NJ is a nightmare as well. No title on small trailers but you need really good proof of what it is or forget about it. I bought a 1970 Camaro SS396 from Canada several years back and NJ dmv wanted some obscure form that no other state uses any more. The import/export company was lucky to find a carbon copy of one and filled it out and faxed it to me. I'm currently buying a new toy (boat/trailer) from Oregon and they don't have anything for trailers so I figure I might be tossing the trailer if I can't get it registered as a home made. I don't understand why dmv stuff isn't standardized across all states. Every car, truck, boat, trailer should have a title and registration and that would probably clear up some of the fraud.


----------



## RichWentFishing504 (Jan 29, 2015)

Louisiana is impossible to get anything transferred unless you got the papers in hand and done right. I once got an old trailer without papers and I had more than a few places tell me I was out of luck and the best thing to do was leave it on the side of the road and accept my losses.


----------



## cliff58 (Jan 31, 2015)

Well I think I have all my paperwork in order and ready to go. I probably won't be able to get to the office till Tuesday, I'll let everyone know how it goes. 

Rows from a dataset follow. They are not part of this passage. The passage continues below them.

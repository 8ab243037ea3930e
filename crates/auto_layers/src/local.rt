ghost use Rattle.std.specs.Prelude.{◌≡◌, ◌+◌, ◌≤◌, IfOk, OnOk};
ghost use Rattle.channel_map.specs.Edge.{IsGoodEdge};
ghost use Rattle.layer.specs.Layer.{count_entries};
ghost use Rattle.layer.specs.declared.records.TheConstants.{ENTRIES_MAX};
ghost use Rattle.auto_layers.specs.LocalLayer.{local_lists};
ghost use Rattle.auto_layers.specs.Added.{is_channel, last_channel, with_bound, with_channel, with_direction, with_edge};

use channel_map::{Edge, Local};
use layer::{Bound, Constraint, Created, Layer, Update};
use plan_base::{MAX, NoMemory, Scid};
use std::alloc::Global;

/// The layer of the payer's own channels: each channel of the local file is created with a capacity of MAX msat, and each
/// of its directions has an update of all fields, and its amount as both bounds.
pub fn local_layer(alloc: Global, local: &Local) -> Result<Layer, NoMemory>
    ensures { IfOk result (λ layer. layer ≡ local_lists local.now) }
{
    let mut layer = Layer::new(alloc);
    let mut last = None;
    for edge in local.dirs() {
        add_edge(&mut layer, edge, last)?;
        last = Some(edge.dir.scid);
    }
    Ok(layer)
}

// The last direction before this one was of the channel `last`.
fn add_edge(layer: &mut Layer, edge: &Edge, last: Option<Scid>) -> Result<(), NoMemory>
    requires good { IsGoodEdge edge.now }
    requires room { count_entries layer.old + 4 ≤ ENTRIES_MAX }
    ensures ok { OnOk result (layer.new ≡ with_edge layer.old last edge.now) }
{
    if !is_channel(last, edge) {
        add_channel(layer, edge)?;
    }
    add_direction(layer, edge)
}

fn is_channel(last: Option<Scid>, edge: &Edge) -> bool
    ensures { result ≡ is_channel last edge.now }
{
    match last {
        Some(scid) => edge.dir.scid == scid,
        None => false,
    }
}

fn add_channel(layer: &mut Layer, edge: &Edge) -> Result<(), NoMemory>
    requires good { IsGoodEdge edge.now }
    requires room { count_entries layer.old + 1 ≤ ENTRIES_MAX }
    ensures ok { OnOk result (layer.new ≡ with_channel layer.old edge.now) }
{
    layer.push_created(Created {
        scid: edge.dir.scid,
        source: edge.source,
        destination: edge.destination,
        capacity: MAX,
    })
}

fn add_direction(layer: &mut Layer, edge: &Edge) -> Result<(), NoMemory>
    requires good { IsGoodEdge edge.now }
    requires room { count_entries layer.old + 3 ≤ ENTRIES_MAX }
    ensures ok { OnOk result (layer.new ≡ with_direction layer.old edge.now) }
{
    layer.push_update(Update {
        dir: edge.dir,
        enabled: Some(edge.enabled),
        htlc_min: Some(edge.htlc_min),
        htlc_max: Some(edge.htlc_max),
        base: Some(edge.base),
        ppm: Some(edge.ppm),
        delay: Some(edge.delay),
    })?;
    add_bound(layer, edge, Bound::Max)?;
    add_bound(layer, edge, Bound::Min)
}

fn add_bound(layer: &mut Layer, edge: &Edge, bound: Bound) -> Result<(), NoMemory>
    requires good { IsGoodEdge edge.now }
    requires room { count_entries layer.old + 1 ≤ ENTRIES_MAX }
    ensures ok { OnOk result (layer.new ≡ with_bound layer.old edge.now bound) }
{
    layer.push_constraint(Constraint {
        dir: edge.dir,
        bound,
        amount: edge.capacity,
        moment: 0,
    })
}
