// A calendar text with its moments of UTC in local time.
ghost use Rattle.std.specs.Prelude.{◌≡◌, ◌≤◌, ◌<◌, ◌+◌, ◌||◌, drop, false, length, List, take, map, option_map, All, IfOk, OnOk};
ghost use Rattle.rr_events.specs.Segments.{section_in};
ghost use Rattle.rr_text.specs.Appending.{Appends};
ghost use Rattle.rr_zone.specs.Local.{begins_zone, has_zone, is_turned_part, local_of_parts, local_part, local_parts, local_text, mentions_zone};
ghost use Rattle.rr_zone.specs.Parts.{IsNumberedPart, events_in, part_in, part_of};
ghost use Rattle.rr_zone.specs.Series.{IsSeriesMap};
ghost use Rattle.rr_zone.specs.declared.event.EventFacts.{EventFacts};
ghost use Rattle.rr_zone.specs.Zones.{IsNumbered};

use crate::clocks::{Clocks, TextClocks, push_piece};
use crate::line::before;
use crate::part::{Content, Part, parts_of, zones_in};
use crate::series::{SeriesStarts, series_starts, turning_start};
use memchr::memchr2;
use rr_events::{Piece, Segment, segments};
use rr_ical::{Sought, is_same_name};
use rr_model::{Fault, NoMemory};
use rr_text::without_mark;
use std::alloc::Global;

// The first nine bytes of a text, or all.
fn front(text: &[u8]) -> &[u8]
    ensures { result.now ≡ take 9 text.now }
{
    if text.len() < 9 { text } else { &text[..9] }
}

// Whether a text begins with the name of a zone's component.
fn begins_zone(text: &[u8]) -> bool
    ensures { result ≡ begins_zone text.now }
{
    is_same_name(front(text), b"VTIMEZONE")
}

// What stands behind the first `count` bytes.
fn rest_from(text: &[u8], count: usize) -> &[u8]
    requires { count ≤ length text.now }
    ensures { result.now ≡ drop count text.now }
{
    &text[count..]
}

// What stands behind the byte at an index.
fn behind(text: &[u8], index: usize) -> &[u8]
    requires { index < length text.now }
    ensures { result.now ≡ drop (index + 1) text.now }
{
    &text[index + 1..]
}

// Whether the name of a zone's component stands somewhere in a text. Only places with its first letter are looked at.
fn mentions_zone(text: &[u8]) -> bool
    ensures { result ≡ mentions_zone text.now }
{
    let mut rest = text;
    while let Some(index) = memchr2(b'V', b'v', rest) {
        if begins_zone(rest_from(rest, index)) {
            return true;
        }
        rest = behind(rest, index);
    }
    false
}

// The bytes of a part with its moments in the zone in which it is written, and whether it is turned.
fn push_part<'a>(
    alloc: Global,
    out: &mut Vec<u8>,
    clocks: &mut TextClocks<'a>,
    series: &SeriesStarts<'a>,
    part: &'a Part,
) -> Result<bool, NoMemory>
    requires { IsNumberedPart part.now }
    ensures value { (events : List EventFacts) → IsSeriesMap series.now events
        → OnOk result (Appends out.old out.new (local_part clocks.old events (part_in part.now))) }
    ensures turned { (events : List EventFacts) → IsSeriesMap series.now events
        → IfOk result (λ turned. turned ≡ is_turned_part clocks.old events part.now.content) }
    ensures clocks { clocks.new ≡ clocks.old }
{
    match &part.content {
        Content::Event(event) => {
            let start = turning_start(series, event);
            clocks.push_event(alloc, out, start, event.is_instance, part.piece)
        }
        Content::Zone => push_piece(out, part.piece),
        Content::Other => push_piece(out, part.piece),
    }
}

fn either(a: bool, b: bool) -> bool
    ensures { result ≡ (a || b) }
{
    a || b
}

// The bytes of the parts in a row, and whether one is turned.
fn push_parts<'a>(
    alloc: Global,
    out: &mut Vec<u8>,
    clocks: &mut TextClocks<'a>,
    series: &SeriesStarts<'a>,
    parts: &'a [Part],
) -> Result<bool, NoMemory>
    requires numbered { All IsNumberedPart parts.now }
    requires series { IsSeriesMap series.now (events_in (map part_in parts.now)) }
    ensures value { OnOk result (Appends out.old out.new
        (local_parts clocks.old (events_in (map part_in parts.now)) (map part_in parts.now))) }
    ensures turned { IfOk result (λ turned. turned
        ≡ has_zone clocks.old (events_in (map part_in parts.now)) (map part_in parts.now)) }
{
    let mut has_zone = false;
    for part in parts {
        let is_turned = push_part(alloc, out, clocks, series, part)?;
        has_zone = either(has_zone, is_turned);
    }
    Ok(has_zone)
}

// The text by its parts, if some event has a zone.
fn local_of_parts(alloc: Global, mark: &[u8], parts: &[Part]) -> Result<Option<Vec<u8>>, NoMemory>
    requires { All IsNumberedPart parts.now }
    ensures { IfOk result (λ text. option_map (λ bytes. bytes.items) text
        ≡ local_of_parts mark.now (map part_in parts.now)) }
{
    let series = series_starts(alloc, parts)?;
    let mut clocks = TextClocks::new(
        Clocks::new(alloc, zones_in(alloc, parts)?),
        Clocks::new(alloc, zones_in(alloc, parts)?),
    );
    let mut out = Vec::new(alloc);
    out.extend_from_slice(mark)?;
    if push_parts(alloc, &mut out, &mut clocks, &series, parts)? {
        Ok(Some(out))
    } else {
        Ok(None)
    }
}

// The text by its segments, if some event has a zone.
fn local_of_segments(
    alloc: Global,
    mark: &[u8],
    segments: &[Segment],
) -> Result<Option<Vec<u8>>, NoMemory>
    requires { All (λ segment. IsNumbered segment.piece) segments.now }
    ensures { IfOk result (λ text. option_map (λ bytes. bytes.items) text
        ≡ local_of_parts mark.now (map part_of (map section_in segments.now))) }
{
    let parts = parts_of(alloc, segments)?;
    local_of_parts(alloc, mark, parts.as_slice())
}

/// The text with the moments of each event in the zone of its series: one of UTC beside a local start in local time of the start's
/// zone, and a local time of another zone in that of the start, or in UTC beside a start in UTC, if the text defines the zones. None if
/// it defines none that an event names, and has none beside an event in UTC.
///
/// The moments are those of UNTIL, EXDATE, RDATE and RECURRENCE-ID and the start of an instance. All other bytes stay, and each line
/// keeps its number. A text whose components are at fault is None, as is one in which VTIMEZONE stands nowhere in one piece.
#[tactic(auto, unfolding(crate::specs::Local::local_text))]
pub fn local_text(alloc: Global, bytes: &[u8]) -> Result<Option<Vec<u8>>, NoMemory>
    ensures { IfOk result (λ text. option_map (λ bytes. bytes.items) text
        ≡ local_text bytes.now) }
{
    let text = without_mark(bytes);
    if !mentions_zone(text) {
        return Ok(None);
    }
    match segments(alloc, Sought::EventsAndZones, Piece { text, first: 1 }) {
        Ok(segments) => local_of_segments(alloc, before(bytes, text), segments.as_slice()),
        Err(Fault::Refused(_)) => Ok(None),
        Err(Fault::NoMemory) => Err(NoMemory),
    }
}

Which face will it be?  or :? or


----------



## Johnny (Jan 31, 2015)

Oh Cliff - - - I just noticed that you have never registered anything in FL.
If you are "new" to Florida, I strongly suggest you take several items with you
such as Utility Bills, Voter's Card, Driver's License, FL ID Card, to PROVE you
are a FL resident !!! and not just a "Passing Through" SNOW BIRD !!


----------



## cliff58 (Jan 31, 2015)

Hadn't thought of that. Lets see, my ID was issued in March of 2013 so that probably covers it, but I'll grab some "official" mail from various years just to be on the safe side. I might even have something from the 1990's yet.  

Thanks again Johnny 8)


----------



## cliff58 (Feb 4, 2015)

Well, life got in the way of living and I didn't get to the office yet. Maybe tomorrow will work out better. But I did start painting the part of the reg I already know. :LOL2: 

Too bad the paint doesn't cover in one coat, that's some tedious work I will have to do two or three times! But it saves 10 bucks and matches the transom wood 8)


----------



## Attwanl (Feb 4, 2015)

I'm a North Carolina resident and they still registered my boat and trailer in Fl.


----------



## Johnny (Feb 4, 2015)

Attwan - what kind of papers did you present to the Tag Office in Florida
to get a FL registration ??
To qualify in any state, you must be a "property owner" . . . with that states drivers license
and/or permanent physical address (with utilities in your name) - (not a post office box).

am I being mistook ?? 

Just curious


----------



## richg99 (Feb 4, 2015)

I registered my boat in TN. I am a property owner, but am a TX resident, with TX. driver's license. No registration required on the trailer.


----------



## cliff58 (Feb 4, 2015)

Well everything was smooth sailing today, strolled in the office about 4:15pm, waited maybe 20 min, and had my 10 minutes at the window. For title, including $3.25 sales tax on the boat, it cost $15.50 for a 12ft 1in vessel. With the antique exemption on the reg fee, I only had to pay the county fee and the reg tax,total $8.50 for 2 years. Best 24 bucks I've spent in a long time! :mrgreen: 

I will have to re-mark part of the boat, though. Never even thought of the fact that the number 1 takes up less space than the others and I've got two of them to paint on my hull #-o 

And once again a big thank you to Barefoot_Johnny for helping me get everything right the first time! :USA1: Like most of us, the less time I spend in government offices the happier I am! =D> :beer:


----------



## lckstckn2smknbrls (Feb 4, 2015)

Barefoot_Johnny said:


> Attwan - what kind of papers did you present to the Tag Office in Florida
> to get a FL registration ??
> To qualify in any state, you must be a "property owner" . . . with that states drivers license
> and/or permanent physical address (with utilities in your name) - (not a post office box).
> ...


So resident renters can't own a boat?


----------



## Attwanl (Feb 5, 2015)

Barefoot_Johnny said:


> Attwan - what kind of papers did you present to the Tag Office in Florida
> to get a FL registration ??
> To qualify in any state, you must be a "property owner" . . . with that states drivers license
> and/or permanent physical address (with utilities in your name) - (not a post office box).
> ...



I not sure what the law is..... I went there just to ask questions, ending up walking out with a title to the boat and trailer.
I'm a North Carolina resident, but own property in Florida too. They did ask if I owned property in Florida and which state the boat would be in most of the time. 
Gave her my Nc drivers license along with a bill of sale. She gave me a title and registration.
But like I said I'm not sure what the rules are.


----------



## Johnny (Feb 5, 2015)

Good Job Cliff !!! glad it worked out for you. Now you will know what to do next time you 
find a good deal on an old Tin without numbers or papers. (and so will I)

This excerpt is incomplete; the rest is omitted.